Understanding is part of quality
Addy Osmani calls this comprehension debt: the gap between how much code exists and how much of it any human genuinely understands.5 That phrase lands for me. A team can ship more code, with cleaner formatting, better naming, and more complete-looking tests, while understanding less of the system than before. One study is not the whole story, but the direction is worth taking seriously. Anthropic found that developers using AI assistance scored lower on a follow-up mastery quiz than developers who coded by hand. The nuance matters: developers who used AI to ask questions and build understanding did better than those who delegated too much.6 This is also where intent matters. If the team does not understand the system, AI may create changes nobody can safely review. If the intent is not written down, AI will fill in the blanks. And it will do so confidently.
What I want teams to change
If we treat technical debt as telemetry, the conversation changes. Not: please give us time to clean up invisible things. But: these signals are slowing down delivery, increasing review risk, and making AI less useful. Here is where the friction comes from. Here is what we can change. Martin Fowler describes technical debt as cruft that creates extra effort when we need to change the system.7 That extra effort is the interest. But the interest is also information. It shows where the system is harder to change than it should be. So keep fixing the small things while you are there. But when the same kind of debt keeps appearing, stop and look at the signal. Make the preferred path easier than the shortcut. Document the why, it’s great input for both Human and AI. That is not slowing down. That is protecting the speed you want to keep.
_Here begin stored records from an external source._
ghost use Rattle.std.specs.Prelude.{◌≡◌, ◌+◌, ◌*◌, ◌<◌, ◌≤◌, ◌^◌, ◌++◌, Err, OnOk, OnErr, IsOkUnless, MatchOption};
ghost use Rattle.kdb_mem.specs.declared.mem_fault.MemFault.TheVariants.{BadAddr, OutOfMemory};
ghost use Rattle.kdb_mem.specs.Range.{first_unmapped};
ghost use Rattle.kdb_mem.specs.Shown.{symbol_line, syms_text};

use crate::MemFault;
use crate::lines::{Pushed, push_word};
use crate::range::{check_mapped, word};
use mach_base::{Peek, push_address, push_bytes, push_newline};
use sym_map::{Symbols, push_name};

/// Appends `count` lines of one word of 8 bytes each, from `addr` on, with the symbol that its value is near. BadAddr
/// comes exactly where not all of the words are mapped. A refusal leaves `out` as it was.
pub fn syms<P: Peek>(
    mem: &P,
    names: &Symbols,
    out: &mut Vec<u8>,
    addr: u64,
    count: u32,
) -> Result<(), MemFault>
    ensures refused { MatchOption (first_unmapped (P.memory mem.now) addr (count * 8)) (IsOkUnless result MemFault.OutOfMemory) (λ bad. result ≡ Err (MemFault.BadAddr bad)) }
    ensures ok { OnOk result (out.new.items ≡ out.old.items ++ syms_text (P.memory mem.now) names.now addr count) }
    ensures err { OnErr result (out.new.items ≡ out.old.items) }
{
    check_mapped(mem, addr, u64::from(count) * 8)?;
    let mut text = Vec::new(*out.allocator());
    push_symbol_lines(mem, names, &mut text, addr, count)?;
    push_bytes(out, text.as_slice())?;
    Ok(())
}

fn push_symbol_lines<P: Peek>(
    mem: &P,
    names: &Symbols,
    out: &mut Vec<u8>,
    addr: u64,
    count: u32,
) -> Pushed
    requires { 0 < count → addr < 2 ^ 63 }
    ensures { OnOk result (out.new.items ≡ out.old.items ++ syms_text (P.memory mem.now) names.now addr count) }
{
    for line in 0..count {
        push_symbol_line(mem, names, out, addr + 8 * u64::from(line))?;
    }
    Ok(())
}

#[tactic(auto, unfolding(crate::specs::Shown::symbol_line))]
fn push_symbol_line<P: Peek>(mem: &P, names: &Symbols, out: &mut Vec<u8>, addr: u64) -> Pushed
    requires { addr + 8 ≤ 2 ^ 64 }
    ensures { OnOk result (out.new.items ≡ out.old.items ++ symbol_line (P.memory mem.now) names.now addr) }
{
    push_address(out, addr)?;
    push_word(mem, out, addr, 8)?;
    push_name(out, names, word(mem, addr, 8))?;
    push_newline(out)?;
    Ok(())
}
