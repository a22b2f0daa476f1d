ghost use Rattle.std.specs.Prelude.{◌≡◌};
ghost use Rattle.kdb_mem.specs.declared.mem_fault.MemFault.TheVariants.{OutOfMemory};

/// Why memory isn't shown or changed. Where several hold, the earlier one here comes first.
#[derive(Clone, Copy, Debug, PartialEq, Eq)]
pub enum MemFault {
    /// Nothing is mapped at this address; it is the first such address of the range.
    BadAddr(u64),
    /// The value needs more bytes than are written.
    TooWide,
    /// Memory could not be had for the text.
    OutOfMemory,
}

impl From<mach_base::OutOfMemory> for MemFault {
    ghost from_gives = { λ _ e. e ≡ OutOfMemory };

    fn from(_error: mach_base::OutOfMemory) -> MemFault {
        MemFault::OutOfMemory
    }
}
The narrative I want to flip
AI changes technical debt. It changes the cost of cleanup, the speed of code production, the review burden, and the way patterns spread. But it does not change the core responsibility. We are still accountable for what we ship. We are still responsible for the systems we maintain. We are still responsible for understanding the work, or making sure the right understanding is captured and shared. Technical debt is not just the puddle we accumulate in the codebase. It is also the trail of signals showing where our system, process, knowledge, and incentives are out of alignment. AI can help us clean up the puddle faster. But if we ignore the trail, we will keep producing the same debt. Only faster. Cleaner. And with more confidence. That might be the most expensive debt of all.